Generally, the real currency of scientific advancement is not a single paper that gets cited a lot, but instead a growing body of evidence. We do not, for example, generally cite a single paper for calling out that climate change exists or that it's caused by human activity, but the general consensus of the scientific community which keeps on publishing research after research on the topic. You need not just a body of evidence, but also it needs to be growing. It is only at this point where we claim, somewhat misleadingly, that something is "established as a scientific fact."
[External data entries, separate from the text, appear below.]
//! The connection numbers that were used.

use collections::Keyed;

/// A connection number that was used, and the worker at which it was opened.
#[derive(Clone, Copy, PartialEq, Eq, Debug)]
pub struct Opened {
    pub number: u32,
    pub worker: u8,
}

impl Keyed for Opened {
    ghost key = { λ o. o.number };

    fn key(&self) -> u64 {
        self.number as u64
    }
}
The parallels between how the public's (and the big chunk of media's) illiteracy of how scientific knowledge accumulates and the Fake News Wars of 2015-2019 are too on the nose to pass up. Internet destroyed, as the saying goes, the local monopolies of newspapers. Everyone now is a publisher, which means no one really is. We have neither the gatekeepers nor the protectors. And just like that now, the scientific literature is no longer bound to a few journals, which is good, but now all papers look alike regardless of their source, which is bad. Just like we don't know whether we read came from a reputable news source or some kids in Macedonia, we, both the public and the media, don't know how to judge a scientific paper's veracity.
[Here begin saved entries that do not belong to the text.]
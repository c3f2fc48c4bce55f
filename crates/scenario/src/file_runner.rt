//! Runs the lines of a step file as its bytes come, and writes the transcript.
ghost use Rattle.std.specs.Prelude.{◌≡◌, ◌<◌, ◌≤◌, ◌+◌, ◌++◌, ◌∷◌, [], ℕ, List, false, length, MatchOption, MatchResult, OnOk, OnErr};
ghost use Rattle.std.specs.declared.option.Option.{Option};
ghost use Rattle.std.specs.Io.KnownBytes.{Appends};
ghost use Rattle.gate_outside.specs.Streams.{Carries, CarriesFront};
ghost use Rattle.edit_text.specs.Lines.{reader_after};
ghost use Rattle.file_lines.specs.Lines.{IsPiece};
ghost use Rattle.scenario.specs.Server.{Server as ModelServer, played};
ghost use Rattle.scenario.specs.Transcript.{Ending, Whole, line_text, line_spends, line_ending, run_text, run_ending, transcript, ending};
ghost use Rattle.scenario.specs.Represents.{Represents};
ghost use Rattle.scenario.specs.Played.{FaultCause, WriteCause, AtFault, Ends, Leaves, RunsLine, IsCounted, Playing, Written, StopsAt, LeavesAt, Anything, Nothing, Fits, room};

use crate::fault::PlayFault;
use crate::server::Server;
use crate::writing::{write_answer, write_stop};
use edit_text::{FileKind, Line, LineFault, MAX_LINE_BYTES, StepReader};
use gate_outside::streams::Sink;
use memchr::memchr;
use std::alloc::Global;
use std::mem;

/// A reader of lines, the line that has begun, the server, and room for a line of the transcript.
#[derive(Drop)]
pub struct FileRunner {
    alloc: Global,
    reader: StepReader,
    part: Vec<u8>,
    server: Server,
    text: Vec<u8>,
}

// The bytes before the first line feed, and those after it. `None` without a line feed.
fn first_line(bytes: &[u8]) -> Option<(&[u8], &[u8])>
    ensures { MatchOption result (IsPiece bytes.now) (λ parts. IsPiece parts.0.now × (bytes.now ≡ parts.0.now ++ 10 ∷ parts.1.now)) }
{
    let at = memchr(b'\n', bytes)?;
    Some((&bytes[..at], &bytes[at + 1..]))
}

// Runs a line that was read.
fn play_line<K: Sink>(
    server: &mut Server,
    sink: &mut K,
    text: &mut Vec<u8>,
    number: u64,
    line: Line,
) -> Result<(), PlayFault>
    ensures plays { (p : ModelServer) → Represents server.old p → MatchResult result
        (λ _. Represents server.new (played p line) × (Carries (K.got sink.old) (K.got sink.new) (K.waits sink.new) (K.waits sink.old ++ line_text p number line) × (line_spends p line ≡ false)))
        (Leaves (K.got sink.old) (K.got sink.new) (K.waits sink.new) (K.waits sink.old ++ line_text p number line) (line_ending p line)) }
    ensures cause { WriteCause (K.faults sink.old) (K.faults sink.new) result }
{
    let answer = server.play(line)?;
    write_answer(server, sink, text, number, &answer)?;
    Ok(())
}

// Lets what waits go out at a fault, but not after a write that failed.
fn flush_at_fault<K: Sink>(sink: &mut K, fault: PlayFault) -> PlayFault
    ensures ends { (got : Option (List ℕ)) (text : List ℕ) (end : Ending) → Leaves got (K.got sink.old) (K.waits sink.old) text end fault → Ends got (K.got sink.new) text end result }
    ensures cause { (before : ℕ) → FaultCause before (K.faults sink.old) fault → FaultCause before (K.faults sink.new) result }
{
    match fault {
        PlayFault::Write => PlayFault::Write,
        _ => match sink.flush() {
            Ok(()) => fault,
            Err(refused) => PlayFault::from(refused),
        },
    }
}

// Lets what waits go out after lines were run, also if they were not run to their end.
fn flush_after<K: Sink>(sink: &mut K, played: Result<(), PlayFault>) -> Result<(), PlayFault>
    ensures fails { OnErr played (OnOk result ⊥) }
    ensures ok { OnOk result (Appends (K.got sink.old) (K.got sink.new) (K.waits sink.old) × (K.waits sink.new ≡ [])) }
    ensures ends { (got : Option (List ℕ)) (text : List ℕ) (end : Ending) → MatchResult played (λ _. CarriesFront got (K.got sink.old) (K.waits sink.old) text) (Leaves got (K.got sink.old) (K.waits sink.old) text end)
        → AtFault result (Ends got (K.got sink.new) text end) }
    ensures cause { (before : ℕ) → WriteCause before (K.faults sink.old) played → WriteCause before (K.faults sink.new) result }
{
    match played {
        Ok(()) => {
            sink.flush()?;
            Ok(())
        }
        Err(fault) => Err(flush_at_fault(sink, fault)),
    }
}

impl FileRunner {
    /// Before the first byte.
    pub fn new(alloc: Global) -> FileRunner
        ensures plays { (got : Option (List ℕ)) → Written got got [] result [] }
        ensures fits { Fits result }
    {
        FileRunner {
            alloc,
            reader: StepReader::new(alloc, FileKind::Run),
            part: Vec::new(alloc),
            server: Server::new(alloc),
            text: Vec::new(alloc),
        }
    }

    // Runs a line.
    fn run_line<K: Sink>(&mut self, sink: &mut K, bytes: &[u8]) -> Result<(), PlayFault>
        ensures runs { (p : ModelServer) → Represents self.old.server p → MatchResult result
            (λ _. RunsLine self.old.reader p bytes.now (K.got sink.old) (K.got sink.new) (K.waits sink.old) (K.waits sink.new) self.new.server)
            (Leaves (K.got sink.old) (K.got sink.new) (K.waits sink.new) (K.waits sink.old ++ run_text self.old.reader p bytes.now) (run_ending self.old.reader p bytes.now)) }
        ensures reader { OnOk result (self.new.reader ≡ reader_after self.old.reader bytes.now) }
        ensures part { self.new.part ≡ self.old.part }
        ensures counted { OnOk result (IsCounted self.old.reader bytes.now self.new.reader) }
        ensures cause { WriteCause (K.faults sink.old) (K.faults sink.new) result }
    {
        let line = self.reader.line(self.alloc, bytes);
        let number = self.reader.lines();
        match line {
            Ok(None) => Ok(()),
            Ok(Some(line)) => play_line(&mut self.server, sink, &mut self.text, number, line),
            Err(LineFault::Memory) => Err(PlayFault::Memory),
            Err(fault) => {
                write_stop(sink, &mut self.text, number, fault)?;
                Err(PlayFault::Line {
                    line: number,
                    fault,
                })
            }
        }
    }

    // Runs the line that has begun.
    fn end_part<K: Sink>(&mut self, sink: &mut K) -> Result<(), PlayFault>
        ensures runs { (p : ModelServer) → Represents self.old.server p → MatchResult result
            (λ _. RunsLine self.old.reader p self.old.part.items (K.got sink.old) (K.got sink.new) (K.waits sink.old) (K.waits sink.new) self.new.server)
            (Leaves (K.got sink.old) (K.got sink.new) (K.waits sink.new) (K.waits sink.old ++ run_text self.old.reader p self.old.part.items) (run_ending self.old.reader p self.old.part.items)) }
        ensures reader { OnOk result (self.new.reader ≡ reader_after self.old.reader self.old.part.items) }
        ensures part { OnOk result (self.new.part.items ≡ []) }
        ensures counted { OnOk result (IsCounted self.old.reader self.old.part.items self.new.reader) }
        ensures cause { WriteCause (K.faults sink.old) (K.faults sink.new) result }
    {
        let line = mem::replace(&mut self.part, Vec::new(self.alloc));
        self.run_line(sink, line.as_slice())
    }

    // Runs the line that ends with this piece.
    fn end_line<K: Sink>(&mut self, sink: &mut K, piece: &[u8]) -> Result<(), PlayFault>
        requires { IsPiece piece.now }
        ensures plays { (got : Option (List ℕ)) (bytes : List ℕ) → Playing got (K.got sink.old) (K.waits sink.old) self.old bytes → MatchResult result
            (λ _. Playing got (K.got sink.new) (K.waits sink.new) self.new (bytes ++ (piece.now ++ 10 ∷ [])))
            (LeavesAt got (K.got sink.new) (K.waits sink.new) (bytes ++ (piece.now ++ 10 ∷ [])) Anything) }
        ensures room { OnOk result (Fits self.old → Fits self.new × (room self.new + (length piece.now + 1) ≤ room self.old)) }
        ensures cause { WriteCause (K.faults sink.old) (K.faults sink.new) result }
    {
        if !self.part.is_empty() {
            self.part.extend_from_slice(piece)?;
            return self.end_part(sink);
        }
        self.run_line(sink, piece)
    }

    // Takes a piece of a line that does not end with it. A line is refused as soon as it is too long.
    fn begin_line<K: Sink>(&mut self, sink: &mut K, piece: &[u8]) -> Result<(), PlayFault>
        requires { IsPiece piece.now }
        ensures plays { (got : Option (List ℕ)) (bytes : List ℕ) → Playing got (K.got sink.old) (K.waits sink.old) self.old bytes → MatchResult result
            (λ _. Playing got (K.got sink.new) (K.waits sink.new) self.new (bytes ++ piece.now))
            (LeavesAt got (K.got sink.new) (K.waits sink.new) (bytes ++ piece.now) Anything) }
        ensures room { OnOk result (Fits self.old → Fits self.new × (room self.new + length piece.now ≤ room self.old)) }
        ensures cause { WriteCause (K.faults sink.old) (K.faults sink.new) result }
    {
        self.part.extend_from_slice(piece)?;
        if self.part.len() > MAX_LINE_BYTES {
            return self.end_part(sink);
        }
        Ok(())
    }

    // Runs the lines that end among the next bytes.
    fn play_bytes<K: Sink>(&mut self, sink: &mut K, chunk: &[u8]) -> Result<(), PlayFault>
        ensures plays { (got : Option (List ℕ)) (bytes : List ℕ) → Playing got (K.got sink.old) (K.waits sink.old) self.old bytes → MatchResult result
            (λ _. Playing got (K.got sink.new) (K.waits sink.new) self.new (bytes ++ chunk.now))
            (LeavesAt got (K.got sink.new) (K.waits sink.new) (bytes ++ chunk.now) Anything) }
        ensures room { OnOk result (Fits self.old → Fits self.new × (room self.new + length chunk.now ≤ room self.old)) }
        ensures cause { WriteCause (K.faults sink.old) (K.faults sink.new) result }
    {
        let mut rest = chunk;
        while let Some((piece, later)) = first_line(rest) {
            self.end_line(sink, piece)?;
            rest = later;
        }
        self.begin_line(sink, rest)
    }

    /// Runs the lines that end among the next bytes. Their transcript has gone out when it returns.
    pub fn feed<K: Sink>(&mut self, sink: &mut K, chunk: &[u8]) -> Result<(), PlayFault>
        ensures plays { (got : Option (List ℕ)) (bytes : List ℕ) → Playing got (K.got sink.old) (K.waits sink.old) self.old bytes → MatchResult result
            (λ _. Written got (K.got sink.new) (K.waits sink.new) self.new (bytes ++ chunk.now))
            (StopsAt got (K.got sink.new) (bytes ++ chunk.now) Anything) }
        ensures room { OnOk result (Fits self.old → Fits self.new × (room self.new + length chunk.now ≤ room self.old)) }
        ensures cause { WriteCause (K.faults sink.old) (K.faults sink.new) result }
    {
        let played = self.play_bytes(sink, chunk);
        flush_after(sink, played)
    }

    // Runs the last line, if it has no line feed.
    fn play_last<K: Sink>(&mut self, sink: &mut K) -> Result<(), PlayFault>
        ensures plays { (got : Option (List ℕ)) (bytes : List ℕ) → Playing got (K.got sink.old) (K.waits sink.old) self.old bytes → MatchResult result
            (λ _. Carries got (K.got sink.new) (K.waits sink.new) (transcript bytes) × (ending bytes ≡ Whole))
            (LeavesAt got (K.got sink.new) (K.waits sink.new) bytes Nothing) }
        ensures cause { WriteCause (K.faults sink.old) (K.faults sink.new) result }
    {
        if self.part.is_empty() {
            return Ok(());
        }
        self.end_part(sink)
    }

    /// The bytes have come to their end.
    pub fn finish<K: Sink>(&mut self, sink: &mut K) -> Result<(), PlayFault>
        ensures plays { (got : Option (List ℕ)) (bytes : List ℕ) → Playing got (K.got sink.old) (K.waits sink.old) self.old bytes → MatchResult result
            (λ _. Appends got (K.got sink.new) (transcript bytes) × (ending bytes ≡ Whole))
            (StopsAt got (K.got sink.new) bytes Nothing) }
        ensures none { OnOk result (K.waits sink.new ≡ []) }
        ensures cause { WriteCause (K.faults sink.old) (K.faults sink.new) result }
    {
        let played = self.play_last(sink);
        flush_after(sink, played)
    }
}
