//! Why a play ends before its source.
use edit_text::LineFault;
use gate_outside::faults::{Failed, Fault};
use std::alloc::{AllocError, AllocFailed};
use thiserror::Error;
use worker_core::StepFault;

/// Why a play ends before its source.
#[derive(Clone, Copy, Debug, PartialEq, Eq, Error)]
pub enum PlayFault {
    /// The source failed.
    #[error("the step file could not be read")]
    Read,
    /// The sink failed.
    #[error("the transcript could not be written")]
    Write,
    /// A line was refused, by its number, from 1.
    #[error("a line of the step file is refused")]
    Line { line: u64, fault: LineFault },
    /// A count of a worker would pass its last value.
    #[error("a count is spent")]
    Spent,
    /// Memory ran out.
    #[error("out of memory")]
    Memory,
}

impl From<AllocError> for PlayFault {
    ghost use Rattle.scenario.specs.declared.fault.PlayFault.TheVariants as play;
    ghost use Rattle.std.specs.Prelude.{◌≡◌};

    ghost from_gives = { λ _ e. e ≡ play.Memory };

    fn from(_: AllocError) -> Self {
        PlayFault::Memory
    }
}

impl From<Failed> for PlayFault {
    ghost use Rattle.scenario.specs.declared.fault.PlayFault.TheVariants as play;
    ghost use Rattle.std.specs.Prelude.{◌≡◌};

    ghost from_gives = { λ _ e. e ≡ play.Read };

    fn from(_: Failed) -> Self {
        PlayFault::Read
    }
}

impl From<Fault> for PlayFault {
    ghost use Rattle.scenario.specs.Played.{fault_of};
    ghost use Rattle.std.specs.Prelude.{◌≡◌};

    ghost from_gives = { λ f e. e ≡ fault_of f };

    fn from(fault: Fault) -> Self {
        match fault {
            Fault::Failed => PlayFault::Write,
            Fault::Memory => PlayFault::Memory,
        }
    }
}

impl From<StepFault> for PlayFault {
    ghost use Rattle.scenario.specs.Played.{step_fault};
    ghost use Rattle.std.specs.Prelude.{◌≡◌};

    ghost from_gives = { λ f e. e ≡ step_fault f };

    fn from(fault: StepFault) -> Self {
        match fault {
            StepFault::Spent => PlayFault::Spent,
            StepFault::Memory => PlayFault::Memory,
        }
    }
}

impl<T: Drop> From<AllocFailed<T>> for PlayFault {
    ghost use Rattle.scenario.specs.declared.fault.PlayFault.TheVariants as play;
    ghost use Rattle.std.specs.Prelude.{◌≡◌};

    ghost from_gives = { λ _ e. e ≡ play.Memory };

    fn from(_: AllocFailed<T>) -> Self {
        PlayFault::Memory
    }
}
In the end, I don't have a good answer to all this. When I first tried to make an outline for this piece, there were so many things I wanted to write about; like how well-intentioned (or not, in this case) researchers might be to do such investigations, the black-box nature of such algorithms make it impossible to really do any research from the outside. Or how trying to extract any data to be shared with researchers is periled with its own various privacy challenges, that I am not sure can be overcome.
I wish I had ended the year on a happier note.
Happy New Year, everyone.
OK, I wrote this last weekend. And I don’t think it’s fair to end what was a great year for me on a negative note.
I had entered 2019 while on a plane from San Francisco to Paris. Let me assure you, it was less of a globetrotting elite feeling than it was a depressing and lonely one. 2019 turned out to be a year where I had moved around quite a bit (for…reasons) and settled back in San Francisco.
I have found a newfound passion in health and fitness (much to my Twitter followers’ chagrin), and in the best shape of my life, only hoping to get better, as long as I stop injuring myself doing household chores. I can’t tell you how life changing it is to be able to go from being a couch potato to running 10Ks on a whim.
Also, I have found a job that I couldn’t be more excited about, partly through this newsletter that started out as more or less a joke. As I thought through all the problems created by the information businesses in writing, I stumbled upon a bunch of folks who have the same concerns but also have plans to fix them.
I am looking forward to what 2020 brings. Thanks for being dear readers and hope to see you again soon!